A chemo-thermo-mechanically coupled theory for elastic–viscoplastic deformation, diffusion, and volumetric swelling due to a chemical reaction

Thermal barrier coatings (TBCs) are applied to superalloy turbine blades to provide thermal insulation and oxidation protection. A TBC consists of an oxide/metal bilayer: the outer oxide layer (top-coat) imparts thermal insulation, while the metallic layer (bond-coat) affords oxidation protection through the formation of a thermally-grown-oxide (TGO) at elevated temperatures. The TGO layer possesses significantly different elastic, thermal expansion, and creep properties than the surrounding top-coat and bond-coat layers. An intrinsic mechanism which controls the long-term stability and mechanical integrity of a TBC is the volumetric change accompanying the oxide formation, and the attendant locally large stresses that can arise due to the geometrically uneven development of the TGO layer.
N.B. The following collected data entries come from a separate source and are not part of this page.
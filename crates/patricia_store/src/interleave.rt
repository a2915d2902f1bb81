//! Items that are laid in another order where they are, most of which are in that order already.
//!
//! Those that are not, the strays, go to the room behind the items. The others are moved together,
//! and then all are put to their places from the last one on. So only strays are read out of order.
ghost use Rattle.std.specs.Prelude.{◌≡◌, ℕ, ◌+◌, ◌^◌, ◌≤◌, List, length};
ghost use Rattle.patricia_store.specs.Internal.Permutations.{AreNumbers, Gathers, strays};
ghost use Rattle.patricia_store.specs.Internal.Permutations.{ArePutOut, AreTogether};

use crate::memory::give_back;

/// How many numbers of an order are strays: those that do not rise above the ones before that are
/// none, or are no less than `settled`.
pub fn count_strays(order: &[u32], settled: usize) -> usize
    ensures { result ≡ strays settled 0 order.now }
{
    let mut next = 0;
    let mut count = 0;
    let mut i = 0;
    while i < order.len() {
        let id = order[i] as usize;
        if next <= id && id < settled {
            next = id + 1;
        } else {
            count += 1;
        }
        i += 1;
    }
    count
}

// Puts strays behind the first `n` items, and notes in the order where they are.
fn put_out<T>(items: &mut [T], order: &mut Vec<u32>, n: usize, settled: usize)
    requires numbers { AreNumbers n order.old.items }
    requires room { n + strays settled 0 order.old.items ≤ length items.old }
    requires few { length items.old ≤ 2 ^ 32 }
    ensures { ArePutOut n order.old.items items.old order.new.items items.new }
{
    let mut next = 0;
    let mut to = n;
    let mut i = 0;
    while i < order.len() {
        let id = order[i] as usize;
        if next <= id && id < settled {
            next = id + 1;
        } else {
            items.swap(id, to);
            order[i] = to as u32;
            to += 1;
        }
        i += 1;
    }
}

// Moves those that are no strays together at the front, and notes where they are.
fn move_together<T>(items: &mut [T], order: &mut Vec<u32>, n: usize)
    requires out { (start : List ℕ) × (old : List T)
        × ArePutOut n start old order.old.items items.old }
    ensures { (start : List ℕ) → (old : List T) → ArePutOut n start old order.old.items items.old
        → AreTogether n start old order.new.items items.new }
{
    let mut to = 0;
    let mut i = 0;
    while i < order.len() {
        let at = order[i] as usize;
        if at < n {
            items.swap(at, to);
            order[i] = to as u32;
            to += 1;
        }
        i += 1;
    }
}

/// Puts items in this order at the front. The numbers are below `n`, and behind that there is room
/// for the strays. What stands behind the items is of no use afterwards. Does not allocate.
pub fn interleave<T>(items: &mut [T], mut order: Vec<u32>, n: usize, settled: usize)
    requires numbers { AreNumbers n order.items }
    requires short { length order.items ≤ n }
    requires room { n + strays settled 0 order.items ≤ length items.old }
    requires few { length items.old ≤ 2 ^ 32 }
    ensures { Gathers order.items items.old items.new }
{
    put_out(items, &mut order, n, settled);
    move_together(items, &mut order, n);
    let mut i = order.len();
    while i > 0 {
        i -= 1;
        items.swap(order[i] as usize, i);
    }
    give_back(order);
}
In this paper we focus on modeling the response of the bond-coat material and its oxidation, and present a new continuum-level thermodynamically-consistent, large-deformation, fully three-dimensional theory which couples high-temperature elastic–viscoplastic deformation of the material with diffusion of oxygen, eventually leading to an oxidation reaction in which the reaction-product causes permanent swelling. The theory is chemo-thermo-mechanically coupled and complex, and at this point in time the list of material parameters appearing in the theory are not fully known. Once the material parameters in our theory are calibrated from suitable experiments, and the theory is numerically-implemented and validated, then the numerical simulation capability should provide an important ingredient for analyzing the evolution of the local stress and strain states which are important ingredients for the life-prediction and performance-improvement of TBCs.